You can create your registry.txt file many ways. Here are the steps – followed by sample code – for one way to create it.

  • Upload your data files to the Internet.
    • For example, Fetch-Data puts its sample data files in tests/data, so they upload to this GitHub folder. In GitHub, by looking at the raw view of a data file, we see the root URL for these files. In cargo.toml, we keep these data files out of our crate via exclude = ["tests/data/*"]
  • As shown below, write code that
    • Creates a FetchData instance without registry contents.
    • Lists the files in your data directory.
    • Calls the gen_registry_contents method on your list of files. This method will download the files, compute their hashes, and create a string of file names and hashes.
  • Print this string, then manually paste it into a file called registry.txt.
use fetch_data::{FetchData, dir_to_file_list};

let fetch_data = FetchData::new(
    "", // registry_contents ignored
    "https://raw.githubusercontent.com/CarlKCarlK/fetch-data/main/tests/data/",
    "BAR_APP_DATA_DIR", // env_key
    "com",              // qualifier
    "Foo Corp",         // organization
    "Bar App",          // application
);
let file_list = dir_to_file_list("tests/data")?;
let registry_contents = fetch_data.gen_registry_contents(file_list)?;
println!("{registry_contents}");

Notes

  • Feature requests and contributions are welcome.

  • Don’t use our sample sample_file. Define your own sample_file that knows where to find your data files.

  • The FetchData instance need not be global and static. See FetchData::new for an example of a non-global instance.

  • Additional methods on the FetchData instance can fetch multiples files and can give the path to the local data directory.

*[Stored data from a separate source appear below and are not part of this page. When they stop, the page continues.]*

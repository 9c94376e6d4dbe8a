//! One record of the log, read off the bytes that begin with it.
ghost use Rattle.std.specs.Prelude.{◌≡◌, ◌+◌, ◌-◌, ◌<◌, ◌≤◌, length, take, drop, slice_index, IfOk};
ghost use Rattle.vr_types.specs.Fields.{two_at as two_in, four_at as four_in};
ghost use Rattle.vr_log.specs.Decoding.{IsOldFound, IsFound, IsOld};
ghost use Rattle.vr_log.specs.Records.{end_number};
ghost use Rattle.vr_log.specs.declared.record.LogRecord.TheVariants.{Before};

use crate::record::{EndKind, LogRecord};
use std::alloc::Global;
use vr_types::{
    Bytes, OutOfMemory, PartNo, Unit, are_zeros, bytes as copied, four_at, place, two_at,
};

/// What bytes begin with: a record of that many of them, one that isn't whole, or none. A record
/// isn't whole where there are fewer bytes than it needs by those of its fields that are there,
/// whatever else they are.
#[derive(Drop)]
pub(crate) enum Found {
    Whole { rec: LogRecord, count: usize },
    Cut,
    Misspelled,
}

/// What the five or more bytes after the place of a before-image begin with: that there was no
/// record, a record of that many bytes, fewer than its length says, or neither.
#[derive(Clone, Copy)]
enum OldFound {
    Absent,
    Present(usize),
    Broken,
    Wrong,
}

/// The record that the bytes begin with.
pub(crate) fn read_record(alloc: Global, bytes: &[u8]) -> Result<Found, OutOfMemory>
    ensures { IfOk result (λ found. IsFound bytes.now found) }
{
    if bytes.len() < 9 {
        return Ok(Found::Cut);
    }
    match bytes[0] {
        1 => read_before(alloc, bytes),
        2 => Ok(read_end(bytes, EndKind::Committed)),
        3 => Ok(read_end(bytes, EndKind::BackedOut)),
        _ => Ok(Found::Misspelled),
    }
}

/// The end of a unit.
fn read_end(bytes: &[u8], kind: EndKind) -> Found
    requires long { 9 ≤ length bytes.now }
    requires first { slice_index bytes.now 0 ≡ end_number kind }
    ensures { IsFound bytes.now result }
{
    let unit = Unit {
        deck: four_at(bytes, 1),
        number: four_at(bytes, 5),
    };
    let rec = LogRecord::End { unit, kind };
    Found::Whole { rec, count: 9 }
}

/// A before-image.
fn read_before(alloc: Global, bytes: &[u8]) -> Result<Found, OutOfMemory>
    requires some { 0 < length bytes.now }
    requires first { slice_index bytes.now 0 ≡ 1 }
    ensures { IfOk result (λ found. IsFound bytes.now found) }
{
    if bytes.len() < 15 {
        return Ok(Found::Cut);
    }
    let end = 15 + two_at(bytes, 13) as usize;
    if bytes.len() < end + 5 {
        return Ok(Found::Cut);
    }
    match old_found(&bytes[end..]) {
        OldFound::Absent => {
            let rec = before(alloc, bytes, end, None)?;
            Ok(Found::Whole {
                rec,
                count: end + 5,
            })
        }
        OldFound::Present(length) => {
            let from = end + 5;
            let old = copied(alloc, &bytes[from..from + length])?;
            let rec = before(alloc, bytes, end, Some(old))?;
            Ok(Found::Whole {
                rec,
                count: from + length,
            })
        }
        OldFound::Broken => Ok(Found::Cut),
        OldFound::Wrong => Ok(Found::Misspelled),
    }
}

/// The before-image whose place ends at `end`.
fn before(
    alloc: Global,
    bytes: &[u8],
    end: usize,
    old: Option<Bytes>,
) -> Result<LogRecord, OutOfMemory>
    requires head { 15 ≤ end }
    requires within { end ≤ length bytes.now }
    ensures { IfOk result (λ rec. rec ≡ Before
        (record { deck = four_in 1 bytes.now; number = four_in 5 bytes.now })
        (record { 0 = four_in 9 bytes.now }) (take (end - 15) (drop 15 bytes.now)) old) }
{
    let place = place(alloc, &bytes[15..end])?;
    Ok(LogRecord::Before {
        unit: Unit {
            deck: four_at(bytes, 1),
            number: four_at(bytes, 5),
        },
        part: PartNo(four_at(bytes, 9)),
        place,
        old,
    })
}

/// What was at the place of a before-image.
fn old_found(bytes: &[u8]) -> OldFound
    requires { 5 ≤ length bytes.now }
    ensures { IsOldFound bytes.now result }
{
    let length = four_at(bytes, 1) as usize;
    if bytes.len() < 5 + length {
        return OldFound::Broken;
    }
    match bytes[0] {
        0 => absent(bytes),
        1 => OldFound::Present(length),
        _ => OldFound::Wrong,
    }
}

/// That there was no record, which four zeros follow.
fn absent(bytes: &[u8]) -> OldFound
    requires long { 5 ≤ length bytes.now }
    requires all { 5 + four_in 1 bytes.now ≤ length bytes.now }
    requires first { slice_index bytes.now 0 ≡ 0 }
    ensures { IsOldFound bytes.now result }
{
    if are_zeros(&bytes[1..5]) {
        OldFound::Absent
    } else {
        OldFound::Wrong
    }
}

  • You need not use a registry.txt file and FetchData instance. You can instead use the stand-alone function fetch to retrieve a single file with known URL, hash, and local path.

  • Additional stand-alone functions can download files and hash files.

  • Fetch-Data always does binary downloads to maintain consistant line endings across OSs.

  • The Bed-Reader genomics crate uses Fetch-Data.

  • To make FetchData work well as a static global, FetchData::new never fails. Instead, FetchData stores any error and returns it when the first call to fetch_file, etc., is made.

  • Debugging this crate under Windows can cause a “Oops! The debug adapter has terminated abnormally” exception. This is some kind of LLVM, Windows, NVIDIA(?) problem via ureq.

  • This crate follows Nine Rules for Elegant Rust Library APIs from Towards Data Science.

Structs

Used to fetch data files from a URL, if needed. It verifies file contents via a hash.

Used to create temporary directories.

Enums

All possible errors returned by this crate and the crates it depends on.

All errors specific to this crate.

Functions

List all the files in a local directory.

Download a file from a URL.

If necessary, retrieve a file from a URL, checking its hash.

Download a file from a URL and compute its hash.

Compute the hash (SHA256) of a local file.

A sample sample_file. Don’t use this. Instead, define your own sample_file function that knows how to fetch your data files.

Attribute Macros

Used to construct global FetchData instance.